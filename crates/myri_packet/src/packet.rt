//! A packet: reading it, stripping it, flipping it.

ghost use Rattle.std.specs.Prelude.{◌≡◌, ◌<◌, ◌≤◌, ◌++◌, ◌∷◌, [], length, nat_eq, IfOk, IfErr, OnOk, OnErr, OnSome};
ghost use Rattle.std.specs.Prelude.{IfNone, None, Some, IsSome, ◌+◌, ◌*◌};
ghost use Rattle.net_defs.specs.Refusal.{Refuses};
ghost use Rattle.packet_defs.specs.Packet.{head, crc_byte, difference, front_turn, stripped, with_crc};
ghost use Rattle.packet_defs.specs.Burst.{flipped, masked};
ghost use Rattle.myri_packet.specs.Refusals.{wire_refusal, flip_refusal};

use bytes::{Buf, BytesMut};
use crc_eight::crc;
use packet_defs::turn_of;
use std::alloc::{AllocError, Global};
use std::marker::Model;

/// The most bytes of a packet: 64 route bytes, the type, a payload of 1,040 bytes, and the CRC.
pub const MAX_BYTES: usize = 1107;

/// Why bytes are no packet. The first that holds is named.
#[derive(Clone, Copy, Debug, PartialEq, Eq)]
pub enum WireFault {
    /// There are none, so there is no CRC.
    Empty,
    /// There are more than 1,107.
    TooLong,
    /// Memory ran out for bytes that are a packet.
    NoMemory,
}

/// Why a packet can't be flipped so. The first that holds is named.
#[derive(Clone, Copy, Debug, PartialEq, Eq)]
pub enum FlipRefusal {
    /// The pattern is 0.
    NoPattern,
    /// The pattern's last bit lies past the packet's end.
    OutOfPacket,
    /// A flip takes no memory as packets stand now, each with bytes of its own.
    NoMemory,
}

/// From 1 to 1,107 bytes, of which the last is the CRC. Contracts see the list of them.
///
/// What is kept of the CRC is how far it is from the one that is due. No strip changes that, so a packet that was built
/// has its CRC without a computation, at every switch.
#[derive(Drop)]
pub struct Packet {
    // The head's bytes. A strip reads the front one off: no byte moves, and no memory is taken.
    head: BytesMut,
    // The difference between the CRC and the one due to the head.
    difference: u8,
}

impl Model for Packet {
    ghost use Rattle.std.specs.Prelude.{List, ℕ, ◌≤◌, length};
    ghost use Rattle.myri_packet.specs.Kept.{wire_of};

    ghost Value = { List ℕ };

    ghost view = { λ p. wire_of p.head.items p.difference };

    ghost invariant = { λ p. length p.head.items ≤ 1106 };
}

impl Packet {
    /// The packet of these bytes, whatever they say.
    pub fn from_wire(alloc: Global, bytes: &[u8]) -> Result<Packet, WireFault>
        ensures ok { IfOk result (λ p. p ≡ bytes.now) }
        ensures refused { Refuses (wire_refusal bytes.now) WireFault.NoMemory result }
    {
        if bytes.is_empty() {
            return Err(WireFault::Empty);
        }
        if bytes.len() > MAX_BYTES {
            return Err(WireFault::TooLong);
        }
        let last = bytes.len() - 1;
        match BytesMut::copy_from_slice(alloc, &bytes[..last]) {
            Ok(head) => Ok(Packet::with_check(head, bytes[last])),
            Err(_) => Err(WireFault::NoMemory),
        }
    }

    // The packet of a head, with the CRC that is due to it.
    pub(crate) fn of_head(head: Vec<u8>) -> Packet
        requires { length head.items < MAX_BYTES }
        ensures { result ≡ with_crc head.items }
    {
        Packet {
            head: BytesMut::from_vec(head),
            difference: 0,
        }
    }

    /// The packet of no head: what a packet is before it is written.
    pub fn unwritten(alloc: Global) -> Packet
        ensures { result ≡ with_crc [] }
    {
        Packet {
            head: BytesMut::new(alloc),
            difference: 0,
        }
    }

    /// Becomes the packet of a head, with the CRC that is due to it, in the buffer that it has. Where memory runs out
    /// it is as unwritten.
    pub fn write(&mut self, head: &[u8]) -> Result<(), AllocError>
        requires { length head.now < MAX_BYTES }
        ensures ok { OnOk result (self.new ≡ with_crc head.now) }
        ensures err { OnErr result (self.new ≡ with_crc []) }
    {
        self.difference = 0;
        self.head.clear();
        self.head.extend_from_slice(head)
    }

    // The packet of a head, with this CRC.
    fn with_check(head: BytesMut, check: u8) -> Packet
        requires { length head.items < MAX_BYTES }
        ensures { result ≡ head.items ++ check ∷ [] }
    {
        let difference = check ^ crc(head.as_slice());
        Packet { head, difference }
    }

    /// How many bytes it has.
    pub fn size(&self) -> usize
        ensures bytes { result ≡ length self.now }
        ensures some { 0 < result }
        ensures few { result ≤ MAX_BYTES }
    {
        self.head.len() + 1
    }

    /// All its bytes but the CRC.
    pub fn head(&self) -> &[u8]
        ensures { result.now ≡ head self.now }
    {
        self.head.as_slice()
    }

    /// The CRC that it carries.
    pub fn crc_byte(&self) -> u8
        ensures { result ≡ crc_byte self.now }
    {
        crc(self.head()) ^ self.difference
    }

    /// Whether the CRC that it carries is the one that is due.
    pub(crate) fn is_sound(&self) -> bool
        ensures { result ≡ nat_eq (difference self.now) 0 }
    {
        self.difference == 0
    }

    /// Another packet of the same bytes.
    pub fn copy(&self, alloc: Global) -> Result<Packet, AllocError>
        ensures { IfOk result (λ p. p ≡ self.now) }
    {
        Ok(Packet {
            head: BytesMut::copy_from_slice(alloc, self.head())?,
            difference: self.difference,
        })
    }

    /// The turn that it takes next: none where the head is empty, or begins with no route byte.
    pub fn front_turn(&self) -> Option<i8>
        ensures { result ≡ front_turn self.now }
    {
        match self.head() {
            [] => None,
            [byte, ..] => turn_of(*byte),
        }
    }

    /// Reads the route byte off the front and takes its contribution out of the CRC, so that a difference stays as it
    /// is. Answers the byte's turn; none exactly where the head is empty or its first byte is no route byte, and then
    /// the packet stays whole.
    pub fn strip(&mut self) -> Option<i8>
        ensures turn { result ≡ front_turn self.old }
        ensures stripped { OnSome result (self.new ≡ stripped self.old) }
        ensures whole { IfNone result (self.new ≡ self.old) }
        ensures difference { difference self.new ≡ difference self.old }
    {
        let turn = self.front_turn();
        if turn.is_some() {
            self.strip_front();
        }
        turn
    }

    /// The same of a packet that is known to have a turn in front.
    pub fn strip_turn(&mut self)
        requires { IsSome (front_turn self.old) }
        ensures { self.new ≡ stripped self.old }
    {
        self.strip_front();
    }

    /// Flips the packet's bit `bit + i` where bit i of the pattern is 1, both counted from the most significant bit
    /// of a first byte. The last byte is the CRC. Refused in this order: `NoPattern`, `OutOfPacket`; it hands the
    /// packet back.
    pub fn flip(self, bit: u32, pattern: u8) -> Result<Packet, (Packet, FlipRefusal)>
        ensures ok { IfOk result (λ p. (flip_refusal self bit pattern ≡ None) × (p ≡ flipped self bit pattern)) }
        ensures refused { IfErr result (λ e. (flip_refusal self bit pattern ≡ Some e.1) × (e.0 ≡ self)) }
    {
        match self.flip_refusal(bit, pattern) {
            Some(refusal) => Err((self, refusal)),
            None => Ok(self.flipped(bit as usize, pattern)),
        }
    }

    // Why it can't be flipped so.
    fn flip_refusal(&self, bit: u32, pattern: u8) -> Option<FlipRefusal>
        ensures { result ≡ flip_refusal self.now bit pattern }
    {
        if pattern == 0 {
            Some(FlipRefusal::NoPattern)
        } else if bit as usize + 7 < 8 * self.size() {
            None
        } else {
            Some(FlipRefusal::OutOfPacket)
        }
    }

    // The packet with the burst in it.
    fn flipped(self, bit: usize, pattern: u8) -> Packet
        requires { bit + 7 < 8 * length self }
        ensures { result ≡ flipped self bit pattern }
    {
        let mut check = self.crc_byte();
        let Packet {
            mut head,
            difference: _,
        } = self;
        flip_bits(head.as_mut_slice(), &mut check, bit, pattern);
        Packet::with_check(head, check)
    }

    // Reads the front byte off. The CRC loses its contribution, and so does the one that is due.
    fn strip_front(&mut self)
        requires { 2 ≤ length self.old }
        ensures { self.new ≡ stripped self.old }
    {
        Buf::advance(&mut self.head, 1);
    }
}

// Flips the bits of a burst, which lie in one byte or in two neighbours. The last byte stands apart.
fn flip_bits(head: &mut [u8], check: &mut u8, bit: usize, pattern: u8)
    ensures { head.new ++ check.new ∷ [] ≡ flipped (head.old ++ check.old ∷ []) bit pattern }
{
    let spread = u16::from(pattern) << (8 - bit % 8);
    add_at(head, check, bit / 8, (spread / 256) as u8);
    add_at(head, check, bit / 8 + 1, (spread % 256) as u8);
}

// Adds a mask to the byte at a place, if it is there. The last byte stands apart.
fn add_at(head: &mut [u8], check: &mut u8, place: usize, mask: u8)
    ensures { head.new ++ check.new ∷ [] ≡ masked (head.old ++ check.old ∷ []) place mask }
{
    if place < head.len() {
        head[place] ^= mask;
    } else if place == head.len() {
        *check ^= mask;
    }
}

══════════════════════════════

=== What the exercise asks ===
What you return must be the lines from the line holding "flip_bits(head.as_mut_slice(), &mut check, bit, pattern);" through the final line of the material, word for word, and nothing more.

=== Solution for this problem ===
        flip_bits(head.as_mut_slice(), &mut check, bit, pattern);
        Packet::with_check(head, check)
    }

    // Reads the front byte off. The CRC loses its contribution, and so does the one that is due.
    fn strip_front(&mut self)
        requires { 2 ≤ length self.old }
        ensures { self.new ≡ stripped self.old }
    {
        Buf::advance(&mut self.head, 1);
    }
}

// Flips the bits of a burst, which lie in one byte or in two neighbours. The last byte stands apart.
fn flip_bits(head: &mut [u8], check: &mut u8, bit: usize, pattern: u8)
    ensures { head.new ++ check.new ∷ [] ≡ flipped (head.old ++ check.old ∷ []) bit pattern }
{
    let spread = u16::from(pattern) << (8 - bit % 8);
    add_at(head, check, bit / 8, (spread / 256) as u8);
    add_at(head, check, bit / 8 + 1, (spread % 256) as u8);
}

// Adds a mask to the byte at a place, if it is there. The last byte stands apart.
fn add_at(head: &mut [u8], check: &mut u8, place: usize, mask: u8)
    ensures { head.new ++ check.new ∷ [] ≡ masked (head.old ++ check.old ∷ []) place mask }
{
    if place < head.len() {
        head[place] ^= mask;
    } else if place == head.len() {
        *check ^= mask;
    }
}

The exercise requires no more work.